What kind of tool and knurls will you be using?
A cut knurl will require the least amount of force.


----------



## Kroll (May 28, 2015)

That would be good information to know,dang my memory.Anyway thanks for asking,I have one of those scissor knurling tool Eagle Rock which I just purchase a set of wheels from Accu-Trak that are the 30TPI RH/LH type which I hope is the diamond pattern(think its called)When I order the wheels I told them that I am trying to knurl SS so this is what they suggested.I know nothing about knurling,this will be my first time


----------



## Wreck™Wreck (May 28, 2015)

I have used one of the Eagle Rock tools.
Like any form knurling tool with 2 knurls run them onto the part as fast as you can, on a CNC lathe I feed the tool into the work at .025" Per Revolution, I believe that Eagle Rock reccomends more then that, on a manual lathe a cross feed stop would be a good idea but not necessary. Run the feed in as fast as you can until it hits fairly hard then move it a bit more. If you go to far the backlash in the lead screw will cause the knurls to pass center and pull the cross slide with them, knurling takes a great deal of force.

This is a test piece with the eagle Rock tool, 1/2" 304 SS, I ran the part the same way and it double tracked so I had to make another part, it worked just like the test the *second *time, go figure.

I work in a fair sized machine shop so we have thousands of pounds of drops lying around.
Good luck


----------



## Round in circles (Jun 1, 2015)

I've not done knurling for almost 50 years  ,  my memory dims with time and health in general .

Is there a formula  for knurling a known recommended diameter ? ( Any lists / charts  on line ??? )
On the knurling wheels  do the engraved numbers indicate such a related formula  ?

 Is knurling best done between centres or the chuck and a live centre point or would the live centre point get in the way ?


----------



## Kroll (Jun 1, 2015)

I found a chart on Utube which I downloaded,even after using it to come up with a correct OD I still think that I am doing it wrong.My knurling just don't look right.Wreck/Wreak I read your post couple of times and I don't understand which means I don't know if I'm doing it correct or not,I have never in my hobbist life done any knurling until this weekend.Anyway let me explain and please correct me,my eagle rock is the scissor type which I move it over the part (top/bottom) on center.I turn on the lathe and turn the nut down till it tight and make a pass using hand feed.After one pass I turn the nut a 1/4 turn then make another pass in the opposite direction  which after the second pass  I call it good cause I don't know either way.If I find my camera I am going to post some pics.----Carroll


----------



## Wreck™Wreck (Jun 1, 2015)

Did you get the instructions that came with the tool? If so follow them.
If not.
In brief, square the tool (in practice on a small hobby type lathe you may have to set it out of square to offset any flex in the machine) put the knurls as close to the X axis centerline as possible and note the dial position.
Tighten the scissor screw by hand until the knurls touch the work then back off the cross slide, turn the adjusting nut 1/4 or more  turns, turn the spindle on and run the cross slide in to center as fast as you dare, feed to length. You may want to let it dwell at the beginning and end. Trying to pick up the pattern for a second pass rarely works well.

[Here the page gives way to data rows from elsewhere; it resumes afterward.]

//! Waiting for pollables (`wasi:io/poll`). A call that finds none of them ready is pending, and
//! looks again when it is [resumed](crate::resume).

ghost use Rattle.std.specs.Prelude.{◌≡◌, ◌+◌, ◌<◌, ◌^◌, false, true, length, IfOk, OnOk, OnErr, [], ◌∷◌, ◌++◌, ◌≤◌};
ghost use Rattle.wasi_world.specs.Asks.{AsksFor};
ghost use Rattle.wasi_world.specs.Seen.{Seen};
ghost use Rattle.record_common.specs.Stops.{fault_outcome};
ghost use Rattle.tcp_records.specs.Listening.{TakesOne};
ghost use Rattle.wasi_host.specs.Polling.{begins_on, look_at_pollable, ids_after_look, found_of, is_ready, look_each, ready_places, poll_by, pollables_in, poll_asks, block_by, blocked_answer, blocked_store};
ghost use Rattle.host_store.specs.KnownSides.{KnowsSides};
ghost use Rattle.host_store.specs.Views.{SameView, state_of};

use crate::pollables::ready;
use host_store::{BlockingCall, Kind, Store, WasiSocketsCtxView, Watched, handles};
use std::alloc::{AllocError, Global};
use std::collections::BTreeMap;
use std::marker::Model;
use tcp_records::TcpRecord;
use udp_records::OpenUdp;
use wasi_records::find;
use wasi_streams::{Fault, TrapKind};
use wasi_table::Table;
use wasi_world::{Answer, Handle, Ids, NumberList, World};

/// When a call looks at its pollables.
#[derive(Clone, Copy)]
pub enum Look {
    /// In the line that makes the call. It begins an accept or a receive where none was begun.
    First,
    /// In a line that polls the call. It begins nothing: where an accept or a receive would have to
    /// begin, another call took what was waited for, and the pollable counts as ready.
    Later,
}

/// What the looks at pollables found, in their order. A map beside them finds a pollable in a time
/// that grows with the logarithm of how many were looked at.
#[derive(Drop)]
pub struct Found {
    looks: Vec<(Handle, bool)>,
    /// What the first look at each pollable found.
    first: BTreeMap<Handle, bool>,
}

impl Model for Found {
    ghost use Rattle.std.specs.Prelude.{List, ℕ, Bool};

    ghost Value = { List (ℕ × Bool) };

    ghost use Rattle.wasi_host.specs.FoundMap.{KeepsFirst};

    ghost view = { λ found. found.looks.items };

    ghost invariant = { λ found. KeepsFirst found.looks.items found.first.entries };
}

impl Found {
    fn new(alloc: Global) -> Found
        ensures { result ≡ [] }
    {
        Found {
            looks: Vec::new(alloc),
            first: BTreeMap::new(alloc),
        }
    }

    /// Whether a pollable was found ready; `None` where it wasn't looked at.
    fn of(&self, pollable: Handle) -> Option<bool>
        ensures { result ≡ found_of self.now pollable }
    {
        self.first.get(&pollable).copied()
    }

    /// Adds a look. Takes memory for it; out of memory what was found stays as it is.
    fn push(&mut self, pollable: Handle, ready: bool) -> Result<(), AllocError>
        ensures ok { OnOk result (self.new ≡ self.old ++ (pollable, ready) ∷ []) }
        ensures err { OnErr result (self.new ≡ self.old) }
    {
        self.looks.reserve(1)?;
        // What the first look found stays.
        if !self.first.contains_key(&pollable) {
            self.first.insert(pollable, ready)?;
        }
        self.looks.push_reserved((pollable, ready));
        Ok(())
    }

    /// Whether a pollable was looked at and found ready.
    fn is_ready(&self, pollable: Handle) -> bool
        ensures { result ≡ is_ready (found_of self.now pollable) }
    {
        matches!(self.of(pollable), Some(true))
    }

    /// The places in this list of those that were found ready. Takes memory for them.
    fn ready_places(&self, alloc: Global, pollables: &[Handle]) -> Result<NumberList, AllocError>
        requires { length pollables.now < 2 ^ 32 }
        ensures { IfOk result (λ places. places ≡ ready_places self.now 0 pollables.now) }
    {
        let mut places = Vec::new(alloc);
        for (place, pollable) in pollables.iter().enumerate() {
            if self.is_ready(*pollable) {
                places.push(place as u32)?;
            }
        }
        Ok(NumberList::from_vec(places))
    }
}

/// Whether a look at what is watched would begin an accept or a receive.
fn would_begin(store: &Store, watched: Watched) -> bool
    ensures { result ≡ begins_on store.now (Some watched) }
{
    match watched {
        Watched::Socket(place) => match find::<TcpRecord>(&store.records, place) {
            Some(record) => record.would_accept(),
            None => false,
        },
        Watched::Incoming(place) => match find::<OpenUdp>(&store.records, place) {
            Some(socket) => socket.would_receive(),
            None => false,
        },
        Watched::Input(_)
        | Watched::Output(_)
        | Watched::Udp(_)
        | Watched::Outgoing(_)
        | Watched::Lookup(_)
        | Watched::Plain => false,
    }
}

/// Answers a wait for one pollable after a look at it: ready, or the call is stored as pending.
fn block_unless(store: &mut Store, ids: Ids, pollable: Handle, ready: bool) -> Answer<()>
    ensures answer { result ≡ blocked_answer ready }
    ensures state { store.new ≡ blocked_store store.old ids pollable ready }
    ensures sides { (s : Seen) → KnowsSides s store.old → KnowsSides s store.new }
{
    if ready {
        return Answer::Ready(());
    }
    store.block_as(ids, BlockingCall::Block { pollable })
}

/// A look in a line that polls a call: what would begin an accept or a receive is ready.
fn look_again<W: World>(
    view: &mut WasiSocketsCtxView<'_>,
    world: &mut W,
    ids: Ids,
    pollable: Handle,
) -> Result<bool, Fault>
    requires open { (W.seen world.old).ended ≡ false }
    requires names { ids.next_part + 1 < 2 ^ 64 }
    ensures asked { AsksFor (look_at_pollable Look.Later (state_of view.old) ids pollable)
        (W.seen world.old) (W.seen world.new) (λ ready. (ready, state_of view.new))
        (fault_outcome result) }
    ensures sides { KnowsSides (W.seen world.old) view.old.store.now
        → KnowsSides (W.seen world.new) view.new.store.now }
    ensures view { SameView view.old view.new }
{
    let watched = handles::watch(view.table, pollable)?;
    if would_begin(view.store, watched) {
        return Ok(true);
    }
    let mut ids = ids;
    ready(view, world, &mut ids, pollable)
}

/// Looks once at a pollable.
fn look_at<W: World>(
    view: &mut WasiSocketsCtxView<'_>,
    world: &mut W,
    ids: &mut Ids,
    look: Look,
    pollable: Handle,
) -> Result<bool, Fault>
    requires open { (W.seen world.old).ended ≡ false }
    requires names { ids.old.next_part + 1 < 2 ^ 64 }
    ensures asked { AsksFor (look_at_pollable look (state_of view.old) ids.old pollable)
        (W.seen world.old) (W.seen world.new) (λ ready. (ready, state_of view.new))
        (fault_outcome result) }
    ensures sides { KnowsSides (W.seen world.old) view.old.store.now
        → KnowsSides (W.seen world.new) view.new.store.now }
    ensures view { SameView view.old view.new }
    ensures taken { TakesOne ids.old ids.new }
    ensures names { IfOk (fault_outcome result) (λ ready. ids.new
        ≡ ids_after_look look (state_of view.old) ids.old pollable) }
{
    match look {
        Look::First => ready(view, world, ids, pollable),
        Look::Later => look_again(view, world, *ids, pollable),
    }
}

/// Looks once at each of the pollables, in the order of their first places.
fn look_each<W: World>(
    alloc: Global,
    view: &mut WasiSocketsCtxView<'_>,
    world: &mut W,
    ids: &mut Ids,
    look: Look,
    pollables: &[Handle],
) -> Result<Found, Fault>
    requires open { (W.seen world.old).ended ≡ false }
    requires names { ids.old.next_part + length pollables.now < 2 ^ 64 }
    ensures asked { AsksFor (look_each look pollables.now (state_of view.old) ids.old [])
        (W.seen world.old) (W.seen world.new) (λ found. (found, state_of view.new))
        (fault_outcome result) }
    ensures sides { KnowsSides (W.seen world.old) view.old.store.now
        → KnowsSides (W.seen world.new) view.new.store.now }
    ensures view { SameView view.old view.new }
    ensures line { ids.new.line ≡ ids.old.line }
    ensures forth { ids.old.next_part ≤ ids.new.next_part }
    ensures few { ids.new.next_part ≤ ids.old.next_part + length pollables.now }
{
    let mut found = Found::new(alloc);
    for pollable in pollables {
        if found.of(*pollable).is_none() {
            let ready = look_at(view, world, ids, look, *pollable)?;
            found.push(*pollable, ready)?;
        }
    }
    Ok(found)
}

/// Tests that each handle is a pollable's.
fn test_pollables(table: &Table<Kind>, pollables: &[Handle]) -> Result<(), Fault>
    ensures ok { OnOk result (pollables_in table.now pollables.now ≡ true) }
    ensures err { OnErr result ((pollables_in table.now pollables.now ≡ false)
        × (result ≡ Err (Fault.Trap TrapKind.NoSuchHandle))) }
{
    for pollable in pollables {
        handles::watch(table, *pollable)?;
    }
    Ok(())
}

/// Looks once at each pollable, and returns the places of those that are ready; the call is pending
/// where none is.
pub(crate) fn poll_by<W: World>(
    alloc: Global,
    view: &mut WasiSocketsCtxView<'_>,
    world: &mut W,
    ids: &mut Ids,
    look: Look,
    pollables: NumberList,
) -> Result<Answer<NumberList>, Fault>
    requires open { (W.seen world.old).ended ≡ false }
    requires names { ids.old.next_part + 2 ^ 32 < 2 ^ 64 }
    ensures asked { AsksFor (poll_by look (state_of view.old) ids.old pollables) (W.seen world.old)
        (W.seen world.new) (λ answer. (answer, state_of view.new)) (fault_outcome result) }
    ensures sides { KnowsSides (W.seen world.old) view.old.store.now
        → KnowsSides (W.seen world.new) view.new.store.now }
    ensures view { SameView view.old view.new }
    ensures line { ids.new.line ≡ ids.old.line }
    ensures forth { ids.old.next_part ≤ ids.new.next_part }
    ensures few { ids.new.next_part ≤ ids.old.next_part + length pollables }
{
    if pollables.len() > u32::MAX as usize {
        return Err(Fault::Memory(AllocError));
    }
    let names = *ids;
    let found = look_each(alloc, view, world, ids, look, pollables.as_slice())?;
    let places = found.ready_places(alloc, pollables.as_slice())?;
    if places.is_empty() {
        let call = BlockingCall::Poll { pollables };
        return Ok(view.store.block_as(names, call));
    }
    Ok(Answer::Ready(places))
}

/// Looks once at a pollable; the call is pending where it isn't ready.
pub(crate) fn block_by<W: World>(
    view: &mut WasiSocketsCtxView<'_>,
    world: &mut W,
    ids: &mut Ids,
    look: Look,
    pollable: Handle,
) -> Result<Answer<()>, Fault>
    requires open { (W.seen world.old).ended ≡ false }
    requires names { ids.old.next_part + 1 < 2 ^ 64 }
    ensures asked { AsksFor (block_by look (state_of view.old) ids.old pollable) (W.seen world.old)
        (W.seen world.new) (λ answer. (answer, state_of view.new)) (fault_outcome result) }
    ensures sides { KnowsSides (W.seen world.old) view.old.store.now
        → KnowsSides (W.seen world.new) view.new.store.now }
    ensures view { SameView view.old view.new }
    ensures line { ids.new.line ≡ ids.old.line }
    ensures taken { TakesOne ids.old ids.new }
{
    let names = *ids;
    let ready = look_at(view, world, ids, look, pollable)?;
    Ok(block_unless(view.store, names, pollable, ready))
}

/// Waits until a pollable is ready (`pollable.block`): looks at it once as [`ready`](crate::ready)
/// does, and is pending where it isn't ready. An accept or a receive that the look begins goes on,
/// whatever becomes of the call.
pub fn block<W: World>(
    view: &mut WasiSocketsCtxView<'_>,
    world: &mut W,
    ids: &mut Ids,
    pollable: Handle,
) -> Result<Answer<()>, Fault>
    requires open { (W.seen world.old).ended ≡ false }
    requires names { ids.old.next_part + 1 < 2 ^ 64 }
    ensures asked { AsksFor (block_by Look.First (state_of view.old) ids.old pollable)
        (W.seen world.old) (W.seen world.new) (λ answer. (answer, state_of view.new))
        (fault_outcome result) }
    ensures sides { KnowsSides (W.seen world.old) view.old.store.now
        → KnowsSides (W.seen world.new) view.new.store.now }
    ensures view { SameView view.old view.new }
    ensures line { ids.new.line ≡ ids.old.line }
    ensures taken { TakesOne ids.old ids.new }
{
    block_by(view, world, ids, Look::First, pollable)
}

/// Waits until one of the pollables is ready (`poll`), and returns the places of those that are,
/// counted from 0 and rising.
///
/// - Each pollable is looked at once, though it may stand in the list more than once.
/// - Where none is ready the call is pending.
/// - An empty list: `Trap(EmptyList)`. Every handle is tested before anything is asked.
/// - Takes memory for what the looks find, and for the places. A list of 4,294,967,296 pollables or
///   more is out of memory.
pub fn poll<W: World>(
    alloc: Global,
    view: &mut WasiSocketsCtxView<'_>,
    world: &mut W,
    ids: &mut Ids,
    pollables: NumberList,
) -> Result<Answer<NumberList>, Fault>
    requires open { (W.seen world.old).ended ≡ false }
    requires names { ids.old.next_part + 2 ^ 32 < 2 ^ 64 }
    ensures asked { AsksFor (poll_asks (state_of view.old) ids.old pollables) (W.seen world.old)
        (W.seen world.new) (λ answer. (answer, state_of view.new)) (fault_outcome result) }
    ensures sides { KnowsSides (W.seen world.old) view.old.store.now
        → KnowsSides (W.seen world.new) view.new.store.now }
    ensures view { SameView view.old view.new }
    ensures line { ids.new.line ≡ ids.old.line }
    ensures forth { ids.old.next_part ≤ ids.new.next_part }
    ensures few { ids.new.next_part ≤ ids.old.next_part + length pollables }
{
    if pollables.is_empty() {
        return Err(Fault::Trap(TrapKind::EmptyList));
    }
    test_pollables(view.table, pollables.as_slice())?;
    poll_by(alloc, view, world, ids, Look::First, pollables)
}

Knurling is more of an art then a science, I have never met a single person in the  business that likes it, they usually give it to me in this shop because I'm the one whom dislikes it the least (-:
Disclaimer: I do this for a living and have an estimated job time to meet which rarely gives time for screwing around doing tests, I am expected to get it right the first time, every time.


----------



## Kroll (Jun 1, 2015)

Thanks Wreck,I now understand how to go about the setup.Will give it a shot,quick question on diameter.Using the information that I found on the net for 30tpi wheels I come up with .742 dia for the perfect knurl but mine is far from it.Then I also read other post not to worry about the diameter that does not matter and will look just fine well it don't.Any advice on the OD on how to figure the size?
My wheels I purchase from AccuTrak,they are the ones that are convex in shape,but when I am knurling I am getting shavings which I read that the tops of the diamonds is being cut off.What is the TPI on the one that you did in previous post


----------



## Wreck™Wreck (Jun 1, 2015)

Can't help you with the diameter as I have always had to knurl the parts at the specified diameters on drawings. That being said the diameter is probably less important then the process being employed and the machine itself, doing it on a spindly flexy lathe with any repeatable results will be difficult at best. 

As I mentioned above the picture was a test on a piece of the material used to make the part, same piece of stock, same lathe, same tool, same setup, same program, same hour.
The test was a success, the actual part was a failure the first time.

Eagle Rock also recommends using 2 coolant nozzles, one for each knurl which I did.


----------



## bfd (Dec 21, 2016)

feed slow  speed slow lots of cutting fluid. many passes until you get what you want or like. practice on scrap. blow the fine chips off the part as you procede bill


----------



## talvare (Dec 22, 2016)

Kroll said:


> .Any advice on the OD on how to figure the size?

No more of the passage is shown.